// Robust on the ladder of 199 nodes that Rank is tested on, with another column 2.
//
// At the last eight steps, from step 58 on, the higher node costs 1, 2, 4 .. 128 in column 1, and the
// lower node as much in column 2. At every other step the higher node costs 1,000 in both. So the
// best is 0 in both, and the 256 paths that take the lower node at every other step are the first in
// both: the path that takes the higher node at step 58 + b exactly if the number c has the bit b
// costs c in column 1 and 255 - c in column 2. Its figure is the larger of the two.
//
// By column 1 the path j + 1 has c = j, so the least figure of the first j is 256 - j up to j = 128,
// and the stopping rule needs 128 paths. The same holds by column 2, where the path j + 1 has
// c = 255 - j.
use std::io;
use test_calls::answers::{Answer, left_open, settled};
use test_calls::rank_calls::Request;
use test_calls::robust_calls::{needed_route_rooms, robust_into};
use test_fixtures::ladder::{ladder_rows, robust_ladder};
use test_fixtures::report::{Call, Report};
use test_fixtures::slices::Pattern;

// Robust with slices for K = 256, which needs 257 * 215 + 16 * 199 + 64 = 58,503 numbers of work.
fn robust_column(image: &[u8], column: u32, wanted: u32, expected: Answer, nodes: &[u16]) -> bool {
    let mut path = [u16::PATTERN; 199];
    let mut work = [u32::PATTERN; 58503];
    let Some(work) = work.get_mut(..needed_route_rooms(199, wanted).work) else {
        return false;
    };
    let request = Request {
        column,
        start: 1,
        goal: 199,
        wanted,
    };
    robust_into(image, request, &mut path, work, expected, nodes)
}

// Robust by a column gives the path with the number c.
fn chosen(
    report: Report,
    image: &[u8],
    column: u32,
    wanted: u32,
    expected: Answer,
    c: usize,
) -> Report {
    let nodes: [u16; 133] = ladder_rows(1, c);
    report.note(
        Call::Robust,
        robust_column(image, column, wanted, expected, &nodes),
    )
}

// K below, at and above 128.
fn note_ladder(mut report: Report, image: &[u8]) -> Report {
    report = chosen(report, image, 1, 1, left_open(133, 255, 2, 1, 1), 0);
    report = chosen(report, image, 1, 127, left_open(133, 129, 2, 127, 127), 126);
    report = chosen(report, image, 1, 128, settled(133, 128, 2, 128), 127);
    report = chosen(report, image, 1, 256, settled(133, 128, 2, 128), 127);
    report = chosen(report, image, 2, 1, left_open(133, 255, 1, 1, 1), 255);
    report = chosen(report, image, 2, 127, left_open(133, 129, 1, 127, 127), 129);
    report = chosen(report, image, 2, 128, settled(133, 128, 1, 128), 128);
    chosen(report, image, 2, 256, settled(133, 128, 1, 128), 128)
}

pub fn run(rt: &impl Print) -> io::Result<()> {
    note_ladder(Report::new(), &robust_ladder()).print(rt, "ladder of 199 nodes")
}
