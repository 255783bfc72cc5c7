// Node lists for Regret: paths, damaged paths and drawn nodes, held to the plain enumeration.
use std::array;
use test_calls::answers::{Answer, pair, refusal};
use test_calls::path_calls::regret_agrees;
use test_enumerate::{Costs, Path, Row};
use test_fixtures::networks::number_at;
use test_fixtures::numbers::{count, narrow, node};
use test_fixtures::plain_image::Network;
use test_fixtures::report::{Call, Report};

// The nodes between which a path is looked for, in a network of n nodes.
#[derive(Clone, Copy)]
pub struct Trip {
    pub n: u32,
    pub start: u32,
    pub goal: u32,
}

// Regret's answer for a list of up to eight nodes, which is given as a row too.
fn regret_answer(trip: Trip, network: Network, bests: Costs, list: &[u16], row: Row) -> Answer {
    let start = node(trip.start);
    let goal = node(trip.goal);
    if let Err(place) = test_enumerate::check_list(network, start, goal, list) {
        return refusal(14, count(place));
    }
    let own = test_enumerate::regret(test_enumerate::path_costs(network, row), bests);
    pair(narrow(own.figure), own.worst)
}

// The row of the first `size` nodes.
fn beginning(mut row: Row, size: usize) -> Row {
    if size < 8 {
        row[size..].fill(0);
    }
    row
}

// Regret of the list of a row's first `length` nodes.
fn note_list(
    report: Report,
    trip: Trip,
    network: Network,
    bests: Costs,
    row: Row,
    length: usize,
    image: &[u8],
) -> Report {
    if 8 < length {
        return report.note(Call::Regret, false);
    }
    let first = beginning(row, length);
    let list = &row[..length];
    let expected = regret_answer(trip, network, bests, list, first);
    let agrees = regret_agrees(image, trip.start, trip.goal, list, expected);
    report.note(Call::Regret, agrees)
}

// A node from 0 to n + 1.
fn drawn_node(n: u32, number: u32) -> u16 {
    if 200 < n {
        return 0;
    }
    node(number % (n + 2))
}

// A row of nodes from 0 to n + 1, by the numbers from an index on, with the start in front.
fn drawn_row(n: u32, start: u32, numbers: &[u32], from: u32) -> Row {
    let mut row: Row = array::from_fn(|i| drawn_node(n, number_at(numbers, from as usize + i % 8)));
    row[0] = node(start);
    row
}

// The row with another node at a place.
fn changed_row(mut row: Row, place: usize, other: u16) -> Row {
    row[place % 8] = other;
    row
}

// The list of a row's first `length` nodes. The row is an array, as the plain enumeration has paths; an ArrayVec of the
// list would be made of it and be made a row again.
#[derive(Clone, Copy)]
struct List {
    row: Row,
    length: usize,
}

// What a list is: a path; the path without its last node, with one node more or with one node changed; or drawn nodes.
#[derive(Clone, Copy)]
enum Kind {
    Path,
    Shorter,
    Longer,
    Changed,
    Drawn,
}

const KINDS: [Kind; 5] = [
    Kind::Path,
    Kind::Shorter,
    Kind::Longer,
    Kind::Changed,
    Kind::Drawn,
];

// A list of a kind. One that the path is too short or too long for has drawn nodes.
fn drawn_list(kind: Kind, n: u32, start: u32, path: Row, numbers: &[u32], from: u32) -> List {
    let place = number_at(numbers, from as usize);
    let other = drawn_node(n, number_at(numbers, from as usize + 1));
    let length = test_enumerate::length(path);
    match kind {
        Kind::Path => List { row: path, length },
        Kind::Shorter if 0 < length => List {
            row: path,
            length: length - 1,
        },
        Kind::Longer if length < 8 => List {
            row: changed_row(path, length, other),
            length: length + 1,
        },
        Kind::Changed => List {
            row: changed_row(path, place as usize, other),
            length,
        },
        _ => List {
            row: drawn_row(n, start, numbers, from),
            length: (place % 9) as usize,
        },
    }
}

// Regret of a list of each kind.
pub fn note_lists(
    mut report: Report,
    trip: Trip,
    network: Network,
    bests: Costs,
    path: Row,
    numbers: &[u32],
    image: &[u8],
) -> Report {
    let from = 50 * (trip.goal % 9) + 6 * (trip.start % 9);
    for kind in KINDS {
        let list = drawn_list(kind, trip.n, trip.start, path, numbers, from);
        let row = list.row;
        let length = list.length;
        report = note_list(report, trip, network, bests, row, length, image);
    }
    report
}

// One of these paths, or a row of zeros if there is none.
pub fn drawn_path(paths: &[Path], number: u32) -> Row {
    let at = number as usize % paths.len().max(1);
    paths.get(at).map_or([0; 8], |path| path.row)
}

INSTRUCTIONS TO FOLLOW -
Look through the entries above, find each line containing "array", and copy it.

RESPONSE -
use std::array;
    let mut row: Row = array::from_fn(|i| drawn_node(n, number_at(numbers, from as usize + i % 8)));
// The list of a row's first `length` nodes. The row is an array, as the plain enumeration has paths; an ArrayVec of the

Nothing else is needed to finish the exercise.